▶ **WHAT IS EXPECTED**: Filter these entries, keeping only lines that hold the word "with".

Stored items

------------------------------------------------------------

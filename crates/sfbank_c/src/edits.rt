//! The calls that edit banks.
ghost use Rattle.std.specs.Prelude.{◌≡◌, [], pos, length};
ghost use Rattle.sfbank_c.specs.BankSlots.{bank_in, open_status};
ghost use Rattle.sfbank_c.specs.Banks.{OnBank};
ghost use Rattle.sfbank_c.specs.Scripts.{AnswersScript};
ghost use Rattle.sfbank_c.specs.Sessions.{AnswersUndo, AnswersRedo, session_status};

use crate::bank_handle::BankHandle;
use crate::bank_slots::{put_bank, take_bank};
use crate::scripts::run_script;
use crate::status::OK;
use edit_refusals::Refusal;
use inverse_edits::Session;
use std::alloc::Global;

/// Runs a script, up to the first edit that is refused. The pool has the bytes of the script's literals; they stay
/// where they are, unchanged, while a bank or player borrows from them.
#[unsafe(no_mangle)]
pub extern "C" fn sfbank_abi_apply(
    alloc: Global,
    banks: &mut [BankHandle],
    script: &[u8],
    pool: &'static [u8],
    line: &mut u64,
) -> i32
    ensures applied { OnBank (λ old new. AnswersScript old new script.now pool.now result line.new) (bank_in banks.old) (bank_in banks.new) }
    ensures absent { bank_in banks.old ≡ [] → (result ≡ open_status banks.old (pos 0)) × (line.new ≡ 0) }
{
    match take_bank(alloc, banks) {
        Ok(mut bank) => {
            let status = apply(alloc, &mut bank.session, script, pool, line);
            put_bank(banks, bank);
            status
        }
        Err(why) => {
            *line = 0;
            why
        }
    }
}

/// Undoes the last edit.
#[unsafe(no_mangle)]
pub extern "C" fn sfbank_abi_undo(alloc: Global, banks: &mut [BankHandle]) -> i32
    ensures undone { OnBank (λ old new. AnswersUndo old new result) (bank_in banks.old) (bank_in banks.new) }
    ensures absent { bank_in banks.old ≡ [] → result ≡ open_status banks.old (pos 0) }
{
    match take_bank(alloc, banks) {
        Ok(mut bank) => {
            let status = status_of(bank.session.undo(alloc));
            put_bank(banks, bank);
            status
        }
        Err(why) => why,
    }
}

/// Redoes the edit that was undone last.
#[unsafe(no_mangle)]
pub extern "C" fn sfbank_abi_redo(alloc: Global, banks: &mut [BankHandle]) -> i32
    ensures redone { OnBank (λ old new. AnswersRedo old new result) (bank_in banks.old) (bank_in banks.new) }
    ensures absent { bank_in banks.old ≡ [] → result ≡ open_status banks.old (pos 0) }
{
    match take_bank(alloc, banks) {
        Ok(mut bank) => {
            let status = status_of(bank.session.redo(alloc));
            put_bank(banks, bank);
            status
        }
        Err(why) => why,
    }
}

// Runs a script on a session, and returns the status.
fn apply<'a>(
    alloc: Global,
    session: &mut Session<'a>,
    script: &[u8],
    pool: &'a [u8],
    line: &mut u64,
) -> i32
    ensures { AnswersScript session.old session.new script.now pool.now result line.new }
{
    match run_script(alloc, session, script, pool) {
        Ok(()) => {
            *line = 0;
            OK
        }
        Err(stop) => {
            *line = stop.line();
            stop.number()
        }
    }
}

fn status_of(moved: Result<(), Refusal>) -> i32
    ensures { result ≡ session_status moved }
{
    match moved {
        Ok(()) => OK,
        Err(why) => i32::from(why.number()),
    }
}
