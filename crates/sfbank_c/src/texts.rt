//! Texts that C stores.
ghost use Rattle.std.specs.Prelude.{◌≡◌, pos, length, IfOk};
ghost use Rattle.sfbank_c.specs.Texts.{fill_status};

use crate::status::{BAD_LENGTH, OK, OUT_OF_MEMORY};
use base_texts::{Text, write_text};
use sf_base::OutOfMemory;
use std::alloc::Global;

/// The bytes of a text.
pub(crate) fn bytes_of<T: Text>(alloc: Global, text: &T) -> Result<Vec<u8>, OutOfMemory>
    ensures { IfOk result (λ bytes. bytes.items ≡ T.bytes text.now) }
{
    let mut bytes = Vec::new(alloc);
    match write_text(text, &mut bytes) {
        Ok(()) => Ok(bytes),
        Err(_) => Err(OutOfMemory),
    }
}

/// Fills `out` with a text of that length, and returns the status.
pub(crate) fn fill<T: Text>(alloc: Global, text: &T, out: &mut [u8]) -> i32
    ensures status { (result ≡ OUT_OF_MEMORY → ⊥) → result ≡ fill_status (length out.old) (T.bytes text.now) }
    ensures filled { result ≡ pos 0 → out.new ≡ T.bytes text.now }
    ensures unchanged { (result ≡ pos 0 → ⊥) → out.new ≡ out.old }
{
    match bytes_of(alloc, text) {
        Ok(bytes) => {
            if bytes.len() != out.len() {
                return BAD_LENGTH;
            }
            out.copy_from_slice(bytes.as_slice());
            OK
        }
        Err(_) => OUT_OF_MEMORY,
    }
}
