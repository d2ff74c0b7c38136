//! A pointer that owns an open player, or nothing.
ghost use Rattle.std.specs.Prelude.{◌≡◌, ◌∷◌, [], List, length};
ghost use Rattle.sfbank_c.specs.declared.open_player.OpenPlayer.{OpenPlayer};
ghost use Rattle.sfbank_c.specs.Owned.{player_coded, player_owned};

use crate::open_player::OpenPlayer;
use c_loans::Parts;
use std::alloc::Global;
use std::marker::Model;
use std::ptr;

/// A pointer to an open player on the heap, which it owns, or a pointer that owns nothing. C sees the pointer alone.
// The derived drop is for one that owns nothing: it frees no player.
#[repr(C)]
#[derive(Drop)]
pub struct SealedPlayer {
    at: *mut u8,
    alloc: Global,
    pub ghost held: { List OpenPlayer } by { player_coded },
}

impl Model for SealedPlayer {
    ghost also_owns = { λ s. player_owned s.alloc s.at s.held };
}

impl SealedPlayer {
    /// Owns nothing.
    pub fn empty(alloc: Global) -> SealedPlayer
        ensures { result.held ≡ [] }
    {
        SealedPlayer {
            at: ptr::null_mut(),
            alloc,
        }
    }

    /// Owns what the parts of a box own.
    pub fn of_parts(parts: Parts<OpenPlayer, Global>) -> SealedPlayer
        ensures { result.held ≡ parts.value ∷ [] }
    {
        let Parts { ptr, alloc } = parts;
        SealedPlayer {
            at: ptr.cast::<u8>(),
            alloc,
        }
    }

    /// The parts of the box.
    pub fn into_parts(self) -> Parts<OpenPlayer, Global>
        requires { length self.held ≡ 1 }
        ensures { self.held ≡ result.value ∷ [] }
    {
        let SealedPlayer { at, alloc } = self;
        Parts {
            ptr: at.cast::<OpenPlayer>(),
            alloc,
        }
    }
}

unsafe impl Send for SealedPlayer {}
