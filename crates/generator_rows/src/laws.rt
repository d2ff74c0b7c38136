//! A law of the table, as a function that does nothing: the law is the contract.
ghost use Rattle.generator_rows.specs.Laws.{RowsAreOfUsableOperators, RowsHaveDefaultsOfSound, RowsShowPlayed};
ghost use Rattle.generator_rows.specs.Laws.{RowsShowRanges};

/// The rows are those of all operators that a zone may have, with the defaults of the sound. Each text of a range has its
/// two numbers.
pub fn rows_follow_the_rules()
    ensures operators { RowsAreOfUsableOperators }
    ensures defaults { RowsHaveDefaultsOfSound }
    ensures played { RowsShowPlayed }
    ensures ranges { RowsShowRanges }
{}
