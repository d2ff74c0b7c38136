//! What C passes as the handle of a player: null, closed or open.
ghost use Rattle.std.specs.Prelude.{◌≡◌, ◌<◌, ◌∷◌, ℤ, [], pos, length, IfOk, IfErr, OnOk, OnErr};
ghost use Rattle.sfbank_c.specs.PlayerSlots.{player_in, open_status, closed_status};

use crate::open_player::OpenPlayer;
use crate::player_handle::PlayerHandle;
use crate::status::{IN_USE, NOT_OPEN, NULL};
use std::alloc::Global;

/// Takes the player out of an open handle, and leaves it closed. The error is the number for C.
pub(crate) fn take_player(
    alloc: Global,
    handles: &mut [PlayerHandle],
) -> Result<Box<OpenPlayer>, i32>
    ensures taken { IfOk result (λ player. player_in handles.old ≡ player.value ∷ []) }
    ensures closed { player_in handles.new ≡ [] }
    ensures there { OnOk result (0 < length handles.old) }
    ensures absent { OnErr result (player_in handles.old ≡ []) }
    ensures open { OnOk result ((status : ℤ) → open_status handles.old status ≡ status) }
    ensures number { IfErr result (λ why. (status : ℤ) → open_status handles.old status ≡ why) }
    ensures error { IfErr result (λ why. why ≡ pos 0 → ⊥) }
{
    if handles.is_empty() {
        return Err(NULL);
    }
    match handles[0].take(alloc) {
        Some(player) => Ok(player),
        None => Err(NOT_OPEN),
    }
}

/// Puts a player into a closed handle.
pub(crate) fn put_player(handles: &mut [PlayerHandle], player: Box<OpenPlayer>)
    requires there { 0 < length handles.old }
    requires closed { player_in handles.old ≡ [] }
    ensures { player_in handles.new ≡ player.value ∷ [] }
{
    handles[0].put(player);
}

/// Whether the handle is closed. The error is the number for C.
pub(crate) fn check_no_player(handles: &mut [PlayerHandle]) -> Result<(), i32>
    ensures same { player_in handles.new ≡ player_in handles.old }
    ensures there { OnOk result (0 < length handles.old) }
    ensures closed { OnOk result (player_in handles.old ≡ []) }
    ensures free { OnOk result ((status : ℤ) → closed_status handles.old status ≡ status) }
    ensures number { IfErr result (λ why. (status : ℤ) → closed_status handles.old status ≡ why) }
    ensures error { IfErr result (λ why. why ≡ pos 0 → ⊥) }
{
    if handles.is_empty() {
        return Err(NULL);
    }
    if handles[0].is_open {
        return Err(IN_USE);
    }
    Ok(())
}
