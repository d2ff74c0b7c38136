//! The library for C: banks with undo and redo, and players, behind handles that C stores.
//!
//! `c/sfbank.h` declares the calls. Each restates the contract of the call that it makes, over what the handles own; a
//! handle that is null, closed or open at the wrong time is an error number.
#![tactic(auto)]

ghost use Rattle.std.specs.Prelude.{◌≡◌};

mod bank_handle;
mod bank_slots;
mod banks;
mod edits;
mod files;
mod floats;
mod notes;
mod open_bank;
mod open_player;
mod player_handle;
mod player_slots;
mod players;
mod scripts;
mod sealed_bank;
mod sealed_player;
mod status;
mod texts;

pub use bank_handle::{BankHandle, bank_handle_crosses};
pub use banks::{
    sfbank_abi_close, sfbank_abi_count, sfbank_abi_name, sfbank_abi_open, sfbank_abi_preset,
};
pub use edits::{sfbank_abi_apply, sfbank_abi_redo, sfbank_abi_undo};
pub use files::{
    sfbank_abi_file, sfbank_abi_file_size, sfbank_abi_pool, sfbank_abi_pool_size,
    sfbank_abi_undo_script, sfbank_abi_undo_size,
};
pub use floats::sfbank_abi_block_float;
pub use open_bank::OpenBank;
pub use open_player::OpenPlayer;
pub use player_handle::{PlayerHandle, player_handle_crosses};
pub use players::{
    sfbank_abi_block, sfbank_abi_close_player, sfbank_abi_player, sfbank_abi_press,
    sfbank_abi_release, sfbank_abi_release_all, sfbank_abi_start, sfbank_abi_stop,
    sfbank_abi_voices,
};
pub use scripts::{RefusedLine, ScriptStop};
pub use sealed_bank::SealedBank;
pub use sealed_player::SealedPlayer;

/// The version of the interface.
pub const ABI: u32 = 1;

/// Returns the version of the interface.
#[unsafe(no_mangle)]
pub extern "C" fn sfbank_abi_version() -> u32
    ensures { result ≡ ABI }
{
    ABI
}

------------------------------------------------------------

▶ **SOLVED PROBLEM**:
/// Fills `out` with a text of that length, and returns the status.
/// The rows are those of all operators that a zone may have, with the defaults of the sound. Each text of a range has its
//! The library for C: banks with undo and redo, and players, behind handles that C stores.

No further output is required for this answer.